== TASK TO COMPLETE ==
Work through the listing below, copying each line that carries the word "element".

== Segment start ==

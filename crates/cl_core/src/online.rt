//! The state in which stanzas come.
ghost use Rattle.std.specs.Prelude.{◌≡◌, Ok, IsSome, OnErr, OnOk};
ghost use Rattle.cl_core.specs.Counting.{counted_client, management_in};
ghost use Rattle.cl_handlers.specs.Speech.{in_bytes};
ghost use Rattle.cl_core.specs.Steps.{online_in, stanza_row};
ghost use Rattle.cl_handlers.specs.ClientSteps.{left};
ghost use Rattle.cl_handlers.specs.Views.{client_of, client_step_of};

use crate::replacing::put_session;
use crate::requests::take_iq;
use base_io::NoMemory;
use cl_handlers::{ClientOut, ClientState, is_stanza};
use im_extensions::{Ack, Request};
use im_stanza::{Stanza, StanzaFault, stanza_of};
use std::alloc::Global;
use xml_trees::Tree;

// A stanza of the server is handled. It takes no memory.
fn count(state: &mut ClientState)
    ensures { client_of state.new ≡ counted_client (client_of state.old) }
{
    let Some(mut session) = state.session.take() else {
        return;
    };
    session.count_handled();
    put_session(&mut state.session, session);
}

// What a stanza does, but for its count. What is large is dropped by a call: where its scope drops it, each of its fields
// is a way of its own in the proof.
fn take_stanza(
    state: &mut ClientState,
    alloc: Global,
    stanza: Stanza,
    out: &mut ClientOut,
) -> Result<(), NoMemory>
    ensures ok { OnOk result (client_step_of state.new out.new ≡ stanza_row in_bytes (client_step_of state.old out.old) (Ok stanza)) }
    ensures err { OnErr result (left (client_step_of state.new out.new) ≡ left (client_step_of state.old out.old)) }
{
    match stanza {
        Stanza::Message(message) => {
            let taken = state.message(alloc, &message, out);
            drop(message);
            taken
        }
        Stanza::Iq(iq) => {
            let taken = take_iq(state, alloc, &iq, out);
            drop(iq);
            taken
        }
        Stanza::Presence(presence) => {
            drop(presence);
            Ok(())
        }
    }
}

// What an element does that is no stanza.
fn management(
    state: &mut ClientState,
    alloc: Global,
    tree: &Tree,
    out: &mut ClientOut,
) -> Result<(), NoMemory>
    ensures ok { OnOk result (client_step_of state.new out.new ≡ management_in in_bytes (client_step_of state.old out.old) (client_of state.old).session tree.now) }
    ensures err { OnErr result (client_step_of state.new out.new ≡ client_step_of state.old out.old) }
{
    if let Ok(Request) = Request::read(tree) {
        return state.request(alloc, out);
    }
    match Ack::read(tree) {
        Ok(ack) => state.ack(alloc, ack.h, out),
        Err(_) => Ok(()),
    }
}

/// An element where stanzas are awaited. What a stanza contains is moved.
#[tactic(auto, using(crate::proofs::Counts::online_stanza, crate::proofs::Counts::online_other))]
pub(crate) fn online(
    state: &mut ClientState,
    alloc: Global,
    tree: Tree,
    out: &mut ClientOut,
) -> Result<(), NoMemory>
    ensures ok { OnOk result (client_step_of state.new out.new ≡ online_in in_bytes (client_step_of state.old out.old) (client_of state.old).session tree) }
    ensures err { OnErr result (left (client_step_of state.new out.new) ≡ left (client_step_of state.old out.old)) }
{
    if state.session.is_none() {
        drop(tree);
        return Ok(());
    }
    if !is_stanza(tree.element()) {
        let done = management(state, alloc, &tree, out);
        drop(tree);
        return done;
    }
    match stanza_of(alloc, tree) {
        Ok(stanza) => take_stanza(state, alloc, stanza, out)?,
        Err(StanzaFault::NoMemory) => return Err(NoMemory),
        Err(StanzaFault::NotAStanza) => {}
        Err(StanzaFault::BadFormat) => {}
        Err(StanzaFault::BadFrom) => {}
        Err(
            StanzaFault::BadTo {
                from: _from,
                id: _id,
                to: _to,
                ..
            },
        ) => {}
    }
    count(state);
    Ok(())
}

== Segment end ==

== RESULT ==
// What an element does that is no stanza.
/// An element where stanzas are awaited. What a stanza contains is moved.
    if !is_stanza(tree.element()) {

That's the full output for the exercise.